岩谷堂箪笥とは
岩谷堂箪笥(いわやどうたんす)は、岩手県奥州市江刺を中心に製造している木工家具です。平安時代に生まれた産業がもとになっている岩谷堂箪笥は、どっしりと重厚な天然木と、堅牢で優美な金具により構成されており、その調和が気品を生み出しています。
見た目の美しさだけでなく、丈夫で長持ち。さらに金庫の役割のために鍵がかけられるようになっていたり、車がついていて運べるようになっていたりするものもあり、日常生活に寄り添う工夫がされた家具です。1982年に経済産業大臣より国の伝統的工芸品に指定されました。
平安時代に生まれ江戸時代に花ひらいた岩谷堂箪笥の歴史
美しい木目と塗りが特徴の岩谷堂箪笥の起源は、平泉が栄えていた頃、1100年代にさかのぼります。この時代は平泉文化を築いた藤原氏初代の藤原清衡(ふじわらのきよひら)が産業奨励に力を入れており、その流れで岩谷堂箪笥がつくられました。当時は現在のような引き出しがある箪笥ではなく、長持のような大型の箱だったといわれています。
その後、1780年代になると岩谷堂城主の岩城村将(いわきむらまさ)は民衆が飢饉で苦しんでいるのを見て、米の生産だけに頼る経済から脱却しようと考えました。家臣に箪笥の製作や塗装の研究をさせて、階段箪笥や車つきの箪笥が誕生。さらに1820年代には徳兵衛という鍛冶職人が彫金金具を考案して、現在の岩谷堂箪笥の原型ができあがります。
明治になると箪笥が一般家庭に広まり、それとともに岩谷堂箪笥の需要も拡大していきます。漆塗りと飾り金具の美しさが際立つ岩谷堂箪笥は評判がよく、岩手県のみならず宮城県県北に広まっていき、東北各地に出荷されていきました。こうして今に至るまでその技術が受け継がれています。
木目と鋳物のコントラストが美しい岩谷堂箪笥の特徴
岩谷堂箪笥には、おもに欅(ケヤキ)と桐(キリ)の木材を使います。重厚で美しい木目を表現するために、表層は欅の突板で形づくり、引き出しには桐を使用。桐は狂いの少ない材質なので衣類を長く守ることができるのです。外観は漆塗りで木目の美しさが際立ち、時間が経つにつれて透明感が出てきて、漆塗り独特の風合いになっていきます。
岩谷堂箪笥のもうひとつの特徴は、2種類の豪華絢爛な金具にあります。下絵を描いた鉄板や銅板に、かなづちとたがねを使って模様を打ち出す「手打ち彫り」。そして、鋳型に鉄を流しこんでつくる「南部鉄器金具」です。現在は9割が南部鉄器金具を使用していますが、ひとつずつ彫刻を施す「手打ち彫り」は熟練の職人ならではの逸品となっていて、家具の風格を引き上げます。

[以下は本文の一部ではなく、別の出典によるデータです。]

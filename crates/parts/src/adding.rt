//! Two threads add lines to one log under a lock.
ghost use Rattle.std.specs.Prelude.{◌≡◌, ◌<◌, ◌≤◌, ◌++◌, ◌∷◌, [], map, All, IfOk, MatchBool, vec_len, vec_capacity};
ghost use Rattle.core_lock.specs.Counts.{made_by};
ghost use Rattle.core_lock.specs.Passes.{count_of, number, made, IsPassOf, IsIdle};
ghost use Rattle.parts.specs.Lines.{all_lines, writer, title, lines_by};

use crate::log::{Line, Log};
use crate::number;
use anyhow::{Context, Result};
use base::NoMemory;
use core_lock::{CoreLock, Pass};
use std::alloc::Global;
use std::fmt::Write;
use std::sync::Wait;
use std::thread;
use std::thread::Threads;

// Takes a turn and writes one word, and says whether there was memory for it.
fn add_one(rt: &impl Wait, lock: &CoreLock<Log>, pass: &mut Pass<Log>, word: u32) -> bool
    requires own { IsPassOf writer title lock.now pass.old × IsIdle pass.old }
    ensures own { IsPassOf writer title lock.now pass.new × IsIdle pass.new × (number pass.new ≡ number pass.old) }
    ensures made { MatchBool result (made pass.new ≡ made pass.old ++ lines_by (number pass.old) (word ∷ [])) (made pass.new ≡ made pass.old) }
{
    let by = pass.number();
    let mut turn = lock.take_turn(rt, pass);
    let added = turn.value_mut().write(Line { by, word });
    lock.give_back(pass, turn);
    added
}

// Writes the words, a turn for each. The pass comes back, with whether all were written.
fn add_all(
    rt: &impl Wait,
    lock: &CoreLock<Log>,
    mut pass: Pass<Log>,
    words: &[u32],
) -> (Pass<Log>, bool)
    requires own { IsPassOf writer title lock.now pass × IsIdle pass }
    ensures own { IsPassOf writer title lock.now result.0 × IsIdle result.0 × (number result.0 ≡ number pass) }
    ensures made { MatchBool result.1 (made result.0 ≡ made pass ++ lines_by (number pass) words.now) (Unit {0}) }
{
    for word in words {
        if !add_one(rt, lock, &mut pass, *word) {
            return (pass, false);
        }
    }
    (pass, true)
}

// The passes 0 and 1 of a new lock, and the room where they lay.
fn two_of(mut passes: Vec<Pass<Log>>) -> (Pass<Log>, Pass<Log>, Vec<Pass<Log>>)
    requires { map number passes.items ≡ 0 ∷ 1 ∷ [] }
    ensures { (passes.items ≡ result.0 ∷ result.1 ∷ []) × (result.2.items ≡ []) × (vec_len result.2 ≡ 0) × (vec_capacity result.2 ≡ vec_capacity passes) }
{
    let (Some(second), Some(first)) = (passes.pop(), passes.pop()) else {
        unreachable!()
    };
    (first, second, passes)
}

// The log of a lock whose two passes are back. Their list has room.
fn closed(lock: CoreLock<Log>, mut passes: Vec<Pass<Log>>, one: Pass<Log>, two: Pass<Log>) -> Log
    requires room { (passes.items ≡ []) × (vec_len passes ≡ 0) × (2 ≤ vec_capacity passes) }
    requires count { count_of lock ≡ 2 }
    requires one { IsPassOf writer title lock one × IsIdle one × (number one ≡ 0) }
    requires two { IsPassOf writer title lock two × IsIdle two × (number two ≡ 1) }
    ensures one { made_by writer 0 (all_lines result) ≡ made one }
    ensures two { made_by writer 1 (all_lines result) ≡ made two }
    ensures others { All (λ line. line.by < 2) (all_lines result) }
{
    passes.push_reserved(one);
    passes.push_reserved(two);
    lock.close(passes)
}

/// Two threads write words into one log, each under its number. With a log, it has all of them, each
/// thread's in their order, and no lines of other numbers.
fn add_both<R: Threads + Wait + Sync>(
    rt: &R,
    alloc: Global,
    first: &[u32],
    second: &[u32],
) -> Result<Log, NoMemory>
    ensures first { IfOk result (λ log. made_by writer 0 (all_lines log) ≡ lines_by 0 first.now) }
    ensures second { IfOk result (λ log. made_by writer 1 (all_lines log) ≡ lines_by 1 second.now) }
    ensures others { IfOk result (λ log. All (λ line. line.by < 2) (all_lines log)) }
{
    let log = Log {
        title: 1,
        lines: Vec::new(alloc),
    };
    let (lock, passes) = match CoreLock::new(alloc, log, 2) {
        Ok(made) => made,
        Err((_log, error)) => return Err(error),
    };
    let (one, two, passes) = two_of(passes);
    let shared = &lock;
    let ((one, first_written), (two, second_written)) = thread::join(
        rt,
        move || -> (Pass<Log>, bool)
            requires { IsPassOf writer title shared.now one × IsIdle one }
            ensures own { IsPassOf writer title shared.entry.now result.0 × IsIdle result.0 × (number result.0 ≡ number one) }
            ensures made { MatchBool result.1 (made result.0 ≡ made one ++ lines_by (number one) first.entry.now) (Unit {0}) }
        { add_all(rt, shared, one, first) },
        move || -> (Pass<Log>, bool)
            requires { IsPassOf writer title shared.now two × IsIdle two }
            ensures own { IsPassOf writer title shared.entry.now result.0 × IsIdle result.0 × (number result.0 ≡ number two) }
            ensures made { MatchBool result.1 (made result.0 ≡ made two ++ lines_by (number two) second.entry.now) (Unit {0}) }
        { add_all(rt, shared, two, second) },
    );
    let log = closed(lock, passes, one, two);
    if first_written && second_written {
        Ok(log)
    } else {
        Err(NoMemory)
    }
}

/// Tells the words that were written under one number, in order.
fn tell_words(told: &mut String, log: &Log, by: u32) -> Result<()> {
    write!(told, "{by}:")?;
    for line in log.lines.as_slice() {
        if line.by == by {
            write!(told, " {}", line.word)?;
        }
    }
    Ok(())
}

/// The numbers of a word, which have commas between them.
fn numbers(alloc: Global, word: &str) -> Result<Vec<u32>> {
    let mut numbers = Vec::new(alloc);
    for part in word.split(',') {
        numbers.push(number(part)?)?;
    }
    Ok(numbers)
}

/// What two threads have written that write these words each.
pub(crate) fn told<R: Threads + Wait + Sync>(rt: &R, alloc: Global, row: &str) -> Result<String> {
    let (first, second) = row.split_once(' ').context("reading the words of two")?;
    let (first, second) = (numbers(alloc, first)?, numbers(alloc, second)?);
    let log = add_both(rt, alloc, first.as_slice(), second.as_slice())?;
    let mut told = String::new(alloc);
    tell_words(&mut told, &log, 0)?;
    told.push_str(", ")?;
    tell_words(&mut told, &log, 1)?;
    Ok(told)
}
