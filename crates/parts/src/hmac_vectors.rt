//! The HMAC of a message.

use crate::bytes_of;
use anyhow::{Context, Result};
use hmac::{HmacSha256, TAG_BYTES, hmac};
use std::alloc::Global;

/// That of a message by pieces of one byte.
fn by_pieces(key: &[u8], message: &[u8]) -> [u8; TAG_BYTES] {
    let mut hasher = HmacSha256::new(key);
    for byte in message {
        hasher.update(&[*byte]);
    }
    hasher.finalize()
}

/// Those of a key and a message in hexadecimal digits: of the message at once, and by pieces.
pub(crate) fn told(alloc: Global, row: &str) -> Result<String> {
    let (key, message) = row.split_once(' ').context("reading a key and a message")?;
    let (key, message) = (bytes_of(alloc, key)?, bytes_of(alloc, message)?);
    let whole = hex::encode(alloc, &hmac(key.as_slice(), message.as_slice()))?;
    let pieces = hex::encode(alloc, &by_pieces(key.as_slice(), message.as_slice()))?;
    format!(in alloc; "{whole} {pieces}").context("telling an HMAC")
}
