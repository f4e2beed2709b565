//! What a port does at its SMCs.

ghost use Rattle.std.specs.Prelude.{length};
ghost use Rattle.ns_ram.specs.Lane.{IsInRam};

use anyhow::Result;
use base::Sequence;
use smc_abi::Regs;
use smc_port::{RamWrite, Turn};
use std::alloc::Global;

/// The first register of an answer that is OK.
pub(crate) const OK: u32 = 0;

/// Registers that say no more than this.
pub(crate) fn first(a0: u32) -> Regs {
    Regs {
        a: [a0, 0, 0, 0, 0, 0, 0, 0],
    }
}

/// Writes nothing, and answers this.
pub(crate) fn answering(alloc: Global, a0: u32) -> Turn {
    Turn {
        answer: first(a0),
        writes: Sequence::of(Vec::new(alloc)),
    }
}

/// These bytes, to this address.
pub(crate) fn write(alloc: Global, addr: u64, from: &[u8]) -> Result<RamWrite>
    requires { IsInRam addr (length from.now) }
{
    let mut bytes = Vec::new(alloc);
    bytes.extend_from_slice(from)?;
    Ok(RamWrite::new(addr, bytes))
}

岩谷堂箪笥の制作工程 は、原木を切り出すところから始まります。北上山系に自生した欅から樹齢300年以上のものを切り出し、数年ねかせます。そして製材したものをさらに数年、野ざらしにして乾燥。こうすることで変形や割れを防ぐことができるのです。
つぎに1本の木をあますところなく使用するために、「木取り」と呼ばれる工程で切りとっていきます。木地の加工や組み立てをおこない、カンナで表面をなめらかにしたら、引き出しも同様にすすめます。外枠と底板を組み合わせて引き出しが完成したら、本体に合致するようにカンナで仕上げていきます。
本体の外側は、漆を塗ってツヤや重厚感を出します。布で磨きながら塗り重ねる技法「拭き漆」と砥石で砥ぎながら何度も塗る技法「木地蝋塗り」があり、どちらも繰り返し漆を塗って磨くことで美しさが増していきます。
手打ち彫りの制作 は、絵柄の描いてある型紙をもとに金属の板にたがねで線を彫っていきます。そして裏からかなづちでたたいて、絵柄を立体的に打ち出します。絵柄のモチーフは、龍や獅子、唐草などがあり、長年伝承されてきました。
手打ち彫りした板は、切りたがねや電動のこぎりでカットをして、やすりをかけて仕上げます。職人は道具のたがねや鉄の丸棒なども自作して、試行錯誤しながら精進していきます。その精緻で美しい金具は、もはや工芸品の域をこえた芸術作品といえるでしょう。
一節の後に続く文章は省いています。